In 2012, several communities in southern Minnesota decided they’d had enough … or, more accurately, not enough. It was then that some 17 townships and 10 cities in this rural area began work on an ambitious plan to build its own high-speed Internet network.

Including both wireless and fiber-optic service over a 700-plus-square-mile area, the new entity decided to take the form of a customer-owned co-op with the potential to serve 6,200 households, farms and other businesses. Named RS Fiber for the two main counties it serves—Renville and Sibley—the project is expected to cost approximately $45 million, with Internet speeds ranging from 50 Mbps to 1,000 Mbps on the fiber network.

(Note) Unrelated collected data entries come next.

//! The matrices of a subset (Technical Note 5176, section 9 "Top DICT Data" and section 18 "CID-keyed Fonts").

ghost use Rattle.std.specs.Prelude.{◌≡◌, map};
ghost use Rattle.subsetter_cffdata.specs.Views.{number_of};
ghost use Rattle.subsetter_cff.specs.Read.Entries.Matrices.{thousandth, unit_matrix};
ghost use Rattle.subsetter_cff.specs.Write.Made.{new_matrix};
ghost use Rattle.subsetter_cff.specs.Write.NewDicts.MatrixView.{new_top_matrix, shown};

use subsetter_cffdata::numerals::number::{Number, RealNumber};

/// A matrix: six numbers.
pub type Matrix = [Number; 6];

/// The real 0.001.
fn thousandth() -> Number
    ensures { number_of result ≡ thousandth }
{
    Number::Real(RealNumber::ten_to(-3))
}

/// The matrix of a font dict that has none.
pub fn unit_matrix() -> Matrix
    ensures { map number_of result ≡ unit_matrix }
{
    let zero = Number::zero();
    let one = Number::one();
    [one, zero, zero, one, zero, zero]
}

/// The matrix that is written for the font: its own, or 0.001 0 0 0.001 0 0.
pub fn new_top_matrix(top: &Option<Matrix>) -> Matrix
    ensures { map number_of result ≡ new_top_matrix (shown top.now) }
{
    match top {
        Some(matrix) => *matrix,
        None => {
            let zero = Number::zero();
            let scale = thousandth();
            [scale, zero, zero, scale, zero, zero]
        }
    }
}

/// The matrix that is written for a font dict: its own or 1 0 0 1 0 0. Where the font has none, its own is scaled by 1000;
/// None where that has a power of ten past all limits.
pub fn new_matrix(top: Option<Matrix>, own: Option<Matrix>) -> Option<Matrix>
    ensures { shown result ≡ new_matrix (shown top) (shown own) }
{
    match own {
        None => Some(unit_matrix()),
        Some(own) => match top {
            Some(_) => Some(own),
            None => Number::combine(&own),
        },
    }
}
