//! The font dicts of a new table, with their private dicts, and its FDSelect.

ghost use Rattle.std.specs.Prelude.{◌≡◌, ◌⊎◌, ◌+◌, ◌<◌, ◌^◌, ◌++◌, ◌∷◌, [], length, map, true, OnOk, IfOk, IfErr};
ghost use Rattle.subsetter_base.specs.Gives.{Gives};
ghost use Rattle.subsetter_base.specs.declared.error.Error.TheVariants.{OutOfMemory, OverflowError};
ghost use Rattle.std.specs.Option.{option_map};
ghost use Rattle.subsetter_cffdata.specs.Dicts.Dict.{dict as dict_bytes};
ghost use Rattle.subsetter_cffdata.specs.Indexes.Index.{index};
ghost use Rattle.subsetter_cffdata.specs.Indexes.Owned.{views, FitIndex};
ghost use Rattle.subsetter_cffdata.specs.Views.{number_of as number_view};
ghost use Rattle.subsetter_cff.specs.Write.Laying.Layout.{entries_of_font_dict, entries_of_font_dict_by, font_dicts_from, number_of, private_bytes, privates, select_bytes};
ghost use Rattle.subsetter_cff.specs.Write.Laying.PartsView.{font_dict_view, select_of_table, string_view};
ghost use Rattle.subsetter_cff.specs.Write.NewDicts.WrittenNumbers.{entry_numbers};
ghost use Rattle.subsetter_cff.specs.Write.NewDicts.PrivatesBound.{ArePast};
ghost use Rattle.subsetter_cff.specs.Write.Laying.TableBy.{new_dicts};
ghost use Rattle.subsetter_cff.specs.Write.Laying.TableLimits.{limit, has_index, short, is_offset, dict_limits, dicts_limits};

use crate::read::fd_array::fd_select::{generate_fd_index, rewrite_fd_index};
use crate::write::laying::table::{FontDictParts, TableParts, name_number};
use crate::write::new_dicts::font_dict::write_font_dict;
use crate::write::new_dicts::private_dict::rewrite_private_dict;
use crate::write::strings::sid_remapper::SidRemapper;
use std::alloc::Global;
use subsetter_base::error::Error;
use subsetter_base::write::Writer;
use subsetter_cffdata::indexes::index::{index_size, write_index};
use subsetter_type2::limits::Limits;

/// Room for a font dict, in bytes.
const FONT_DICT_ROOM: usize = 64;

/// Room for a few private dicts, in bytes.
const PRIVATES_ROOM: usize = 256;

/// Offsets, as numbers of a dict, are below this.
const OFFSETS: usize = 2147483648;

/// Font dicts and their private dicts.
#[derive(Drop)]
pub struct WrittenDicts {
    /// The private dicts, one after the other.
    pub privates: Writer,
    /// The font dicts.
    pub dicts: Vec<Vec<u8>>,
}

/// The offset after a piece. An offset is at most 2147483647: a greater one is `OverflowError`.
#[tactic(auto, using(crate::proofs::WriteLaws::LayingLaws::Offsets::offset_kept, crate::proofs::WriteLaws::LayingLaws::Offsets::offset_broken))]
pub fn offset_after(place: usize, size: usize) -> Result<usize, Error>
    ensures value { IfOk result (λ n. n ≡ place + size) }
    ensures small { OnOk result (place + size < 2 ^ 31) }
    ensures checked { Gives (λ _. tt) result (limit (is_offset (place + size))) }
    // It takes no memory.
    ensures err { IfErr result (λ e. e ≡ OverflowError) }
{
    let Some(end) = place.checked_add(size) else {
        return Err(Error::OverflowError);
    };
    if end >= OFFSETS {
        return Err(Error::OverflowError);
    }
    Ok(end)
}

/// Writes a private dict. A real that is too long is `OverflowError`.
#[tactic(auto, using(crate::proofs::WriteLaws::NewDictsLaws::DictsWritten::private_written, crate::proofs::WriteLaws::NewDictsLaws::DictsWritten::private_checked))]
fn write_private(dict: &FontDictParts<'_>, w: &mut Writer) -> Result<(), Error>
    ensures ok { OnOk result (w.new ≡ w.old ++ private_bytes (font_dict_view dict.now)) }
    ensures checked { Gives (λ _. tt) result (limit (short (entry_numbers (font_dict_view dict.now).private))) }
{
    rewrite_private_dict(w, dict.private)
}

/// A font dict whose private dict of a size is at a place. A real that is too long is `OverflowError`.
fn font_dict_text(
    alloc: Global,
    remapper: &SidRemapper<'_>,
    dict: &FontDictParts<'_>,
    size: usize,
    place: usize,
) -> Result<Vec<u8>, Error>
    requires size { size < 2 ^ 31 }
    requires offset { place < 2 ^ 31 }
    ensures value { IfOk result (λ v. v.items ≡ dict_bytes (entries_of_font_dict_by (map number_view dict.now.matrix) size place (option_map (number_of remapper.now.texts) (string_view dict.now.name)))) }
    ensures checked { Gives (λ _. tt) result (limit (short (map number_view dict.now.matrix))) }
{
    let mut w = Writer::with_capacity(alloc, FONT_DICT_ROOM)?;
    write_font_dict(
        &dict.matrix,
        size as u32,
        place as u32,
        name_number(remapper, dict.name),
        &mut w,
    )?;
    Ok(w.finish())
}

/// Puts a font dict after others, whose private dicts begin at `place`.
#[tactic(auto, using(crate::proofs::WriteLaws::NewDictsLaws::DictsWritten::size_is), unfolding(crate::specs::Write::Laying::TableLimits::dict_limits))]
fn put_dict(
    alloc: Global,
    made: &mut WrittenDicts,
    place: usize,
    remapper: &SidRemapper<'_>,
    dict: &FontDictParts<'_>,
) -> Result<(), Error>
    ensures privates { OnOk result (made.new.privates ≡ made.old.privates ++ private_bytes (font_dict_view dict.now)) }
    ensures dicts { OnOk result (views made.new.dicts.items ≡ views made.old.dicts.items ++ dict_bytes (entries_of_font_dict remapper.now.texts (place + length made.old.privates) (font_dict_view dict.now)) ∷ []) }
    ensures checked { Gives (λ _. tt) result (dict_limits (place + length made.old.privates) (font_dict_view dict.now)) }
{
    let start = made.privates.len();
    write_private(dict, &mut made.privates)?;
    offset_after(place, made.privates.len())?;
    let size = made.privates.len() - start;
    let text = font_dict_text(alloc, remapper, dict, size, place + start)?;
    made.dicts.push(text)?;
    Ok(())
}

/// The font dicts, whose private dicts are from an offset on. A real that is too long, or a private dict that ends past
/// 2147483647, is `OverflowError`.
pub fn write_dicts(
    alloc: Global,
    place: usize,
    remapper: &SidRemapper<'_>,
    dicts: &[FontDictParts<'_>],
) -> Result<WrittenDicts, Error>
    ensures privates { IfOk result (λ d. d.privates ≡ privates (map font_dict_view dicts.now)) }
    ensures dicts { IfOk result (λ d. views d.dicts.items ≡ font_dicts_from remapper.now.texts place (map font_dict_view dicts.now)) }
    ensures checked { Gives (λ _. tt) result (dicts_limits place (map font_dict_view dicts.now)) }
{
    let mut made = WrittenDicts {
        privates: Writer::with_capacity(alloc, PRIVATES_ROOM)?,
        dicts: Vec::with_capacity(alloc, dicts.len())?,
    };
    for dict in dicts {
        put_dict(alloc, &mut made, place, remapper, dict)?;
    }
    Ok(made)
}

/// Whether the private dicts are longer than a bound on bytes. They are written, one after the other, until they are; a real
/// that is too long ends that, and is reported where the table is written.
fn privates_pass(alloc: Global, dicts: &[FontDictParts<'_>], most: u32) -> Result<bool, Error>
    ensures past { IfOk result (λ b. b ≡ true → most < length (privates (map font_dict_view dicts.now))) }
    ensures err { IfErr result (λ e. e ≡ OutOfMemory) }
{
    let mut w = Writer::with_capacity(alloc, PRIVATES_ROOM)?;
    for dict in dicts {
        match write_private(dict, &mut w) {
            Ok(()) => {}
            Err(Error::OverflowError) => return Ok(false),
            Err(error) => return Err(error),
        }
        if w.len() > most as usize {
            return Ok(true);
        }
    }
    Ok(false)
}

/// Refuses private dicts that are longer than the bound on bytes, by `OverflowError`, before the table is written.
pub fn judge_privates(alloc: Global, table: &TableParts<'_>, limits: Limits) -> Result<(), Error>
    ensures err { IfErr result (λ e. (e ≡ OutOfMemory) ⊎ ((e ≡ OverflowError) × ArePast limits.bytes (new_dicts table.now))) }
{
    let Some(most) = limits.bytes() else {
        return Ok(());
    };
    if privates_pass(alloc, &table.font_dicts, most)? {
        return Err(Error::OverflowError);
    }
    Ok(())
}

/// How many bytes the INDEX of items has. Data of 4 GiB, or 65536 items, are `OverflowError`.
#[tactic(auto, using(crate::proofs::WriteLaws::LayingLaws::Checked::index_kept, crate::proofs::WriteLaws::LayingLaws::Checked::no_index))]
pub fn size_index(items: &[Vec<u8>]) -> Result<usize, Error>
    ensures value { IfOk result (λ n. n ≡ length (index (views items.now))) }
    ensures fits { OnOk result (FitIndex (views items.now)) }
    ensures checked { Gives (λ _. tt) result (limit (has_index (views items.now))) }
{
    let size = index_size(items)?;
    Ok(size)
}

/// Writes the INDEX of items.
pub fn put_index(items: &[Vec<u8>], w: &mut Writer) -> Result<(), Error>
    requires { FitIndex (views items.now) }
    ensures ok { OnOk result (w.new ≡ w.old ++ index (views items.now)) }
    ensures err { IfErr result (λ e. e ≡ OutOfMemory) }
{
    write_index(items, w)?;
    Ok(())
}

/// How many bytes FDSelect has.
#[tactic(auto, unfolding(crate::specs::Write::Laying::Layout::select_bytes))]
pub fn select_size(table: &TableParts<'_>, glyphs: u16) -> usize
    ensures { result ≡ length (select_bytes glyphs (select_of_table table.now.numbers)) }
{
    match &table.numbers {
        None => 8,
        Some(numbers) => numbers.len() + 1,
    }
}

/// Writes FDSelect.
#[tactic(auto, unfolding(crate::specs::Write::Laying::Layout::select_bytes))]
pub fn write_select(table: &TableParts<'_>, glyphs: u16, w: &mut Writer) -> Result<(), Error>
    ensures ok { OnOk result (w.new ≡ w.old ++ select_bytes glyphs (select_of_table table.now.numbers)) }
    ensures err { IfErr result (λ e. e ≡ OutOfMemory) }
{
    match &table.numbers {
        None => generate_fd_index(glyphs, w),
        Some(numbers) => rewrite_fd_index(numbers, w),
    }
}
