//! The entries of a dict: operands, then the operator (Technical Note 5176, section 4 "DICT Data").

ghost use Rattle.std.specs.Prelude.{◌≡◌, ◌<◌, ◌^◌, ◌++◌, ◌∷◌, [], map, OnOk, IfErr};
ghost use Rattle.std.specs.Option.{option_map};
ghost use Rattle.subsetter_base.specs.declared.error.Error.TheVariants.{OutOfMemory};
ghost use Rattle.subsetter_base.specs.Gives.{Gives};
ghost use Rattle.subsetter_base.specs.Refusals.{IsOutOfMemoryOr, first_refusal};
ghost use Rattle.subsetter_cffdata.specs.Dicts.Dict.{entry_bytes, dict};
ghost use Rattle.subsetter_cffdata.specs.Numerals.Numbers.{offset};
ghost use Rattle.subsetter_cffdata.specs.Views.{number_of, operator_of};
ghost use Rattle.subsetter_cff.specs.Write.Laying.TableLimits.{limit, short};
ghost use Rattle.subsetter_cff.specs.Write.Laying.Layout.{integer, number_entries, offset_entry, private_entry};
ghost use Rattle.subsetter_cffdata.specs.Dicts.Plain.{plain_entry};

use subsetter_base::error::Error;
use subsetter_base::write::Writer;
use subsetter_cffdata::dicts::operator::Operator;
use subsetter_cffdata::numerals::number::{IntegerNumber, Number, StringId};

/// Writes numbers and an operator. A real that is too long is `OverflowError`.
#[tactic(auto, using(crate::proofs::WriteLaws::NewDictsLaws::WrittenEntries::written_entry_is, crate::proofs::WriteLaws::LayingLaws::Checked::numbers_kept, crate::proofs::WriteLaws::LayingLaws::Checked::numbers_refused))]
pub fn write_numbers(numbers: &[Number], operator: Operator, w: &mut Writer) -> Result<(), Error>
    ensures ok { OnOk result (w.new ≡ w.old ++ entry_bytes (plain_entry (operator_of operator) (map number_of numbers.now))) }
    ensures checked { Gives (λ _. tt) result (limit (short (map number_of numbers.now))) }
{
    w.write(&numbers)?;
    w.write(&operator)
}

/// Writes an integer and an operator.
pub fn write_integer(number: u16, operator: Operator, w: &mut Writer) -> Result<(), Error>
    ensures ok { OnOk result (w.new ≡ w.old ++ entry_bytes (plain_entry (operator_of operator) (integer number ∷ []))) }
    ensures err { IfErr result (λ e. e ≡ OutOfMemory) }
{
    w.write(&IntegerNumber(i32::from(number)))?;
    w.write(&operator)
}

/// Writes an offset and an operator.
pub fn write_offset(place: u32, operator: Operator, w: &mut Writer) -> Result<(), Error>
    requires { place < 2 ^ 31 }
    ensures ok { OnOk result (w.new ≡ w.old ++ entry_bytes (offset_entry (operator_of operator) place)) }
    ensures err { IfErr result (λ e. e ≡ OutOfMemory) }
{
    IntegerNumber(place as i32).write_as_5_bytes(w)?;
    w.write(&operator)
}

/// Writes a size, an offset and an operator.
pub fn write_range(size: u32, place: u32, operator: Operator, w: &mut Writer) -> Result<(), Error>
    requires size { size < 2 ^ 31 }
    requires offset { place < 2 ^ 31 }
    ensures ok { OnOk result (w.new ≡ w.old ++ (offset size ++ (offset place ++ operator_of operator))) }
    ensures err { IfErr result (λ e. e ≡ OutOfMemory) }
{
    IntegerNumber(size as i32).write_as_5_bytes(w)?;
    IntegerNumber(place as i32).write_as_5_bytes(w)?;
    w.write(&operator)
}

/// Writes the number of a string and an operator, if there is one.
pub fn write_string(
    number: Option<StringId>,
    operator: Operator,
    w: &mut Writer,
) -> Result<(), Error>
    ensures ok { OnOk result (w.new ≡ w.old ++ dict (number_entries (operator_of operator) (option_map (λ s. s.0) number))) }
    ensures err { IfErr result (λ e. e ≡ OutOfMemory) }
{
    match number {
        Some(number) => write_integer(number.0, operator, w),
        None => Ok(()),
    }
}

According to Toby Brummer, the co-op’s general manager, RS Fiber was created because of the difficulty in getting reliable, fast broadband service installed in the area. “Basically,” Brummer says, “it was just a grassroots effort that started with a few people that wanted better for their communities.”

This rural area worked on an ambitious plan to build a high-speed Internet network.

This rural area
worked on an ambitious plan to build a high-speed Internet network.

Brummer believes RS Fiber is the first network of its kind. Yet, he says the model can be replicated by other rural communities where broadband access is typically much less common than in metropolitan areas.

“It’s not a project that happens overnight,” he says, noting the roots of the effort actually go back seven years and involved more than 100 informational meetings. “But with a core group of dedicated people, it can happen just about anywhere.”